▶ WHAT YOU SHOULD DO:
A single number is the answer here: the count of lines in the data below that include the word "width".
____________________
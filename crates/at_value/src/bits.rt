//! Fields of bits in a word of 64 bits.
ghost use Rattle.std.specs.Prelude.{◌≡◌, ◌<◌, ◌+◌, ◌-◌, ◌*◌, ◌/◌, ◌%◌, ◌^◌};

pub(crate) fn joined(above: u64, width: u32, low: u64) -> u64
    requires width { width < 64 }
    requires low { low < 2 ^ width }
    requires above { above < 2 ^ (64 - width) }
    ensures { result ≡ above * 2 ^ width + low }
{
    above << width | low
}

pub(crate) fn split(word: u64, width: u32) -> (u64, u64)
    requires { width < 64 }
    ensures low { result.0 ≡ word % 2 ^ width }
    ensures above { result.1 ≡ word / 2 ^ width }
{
    (word & (1 << width) - 1, word >> width)
}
____________________
▶ OUTPUT OF THE TASK:
11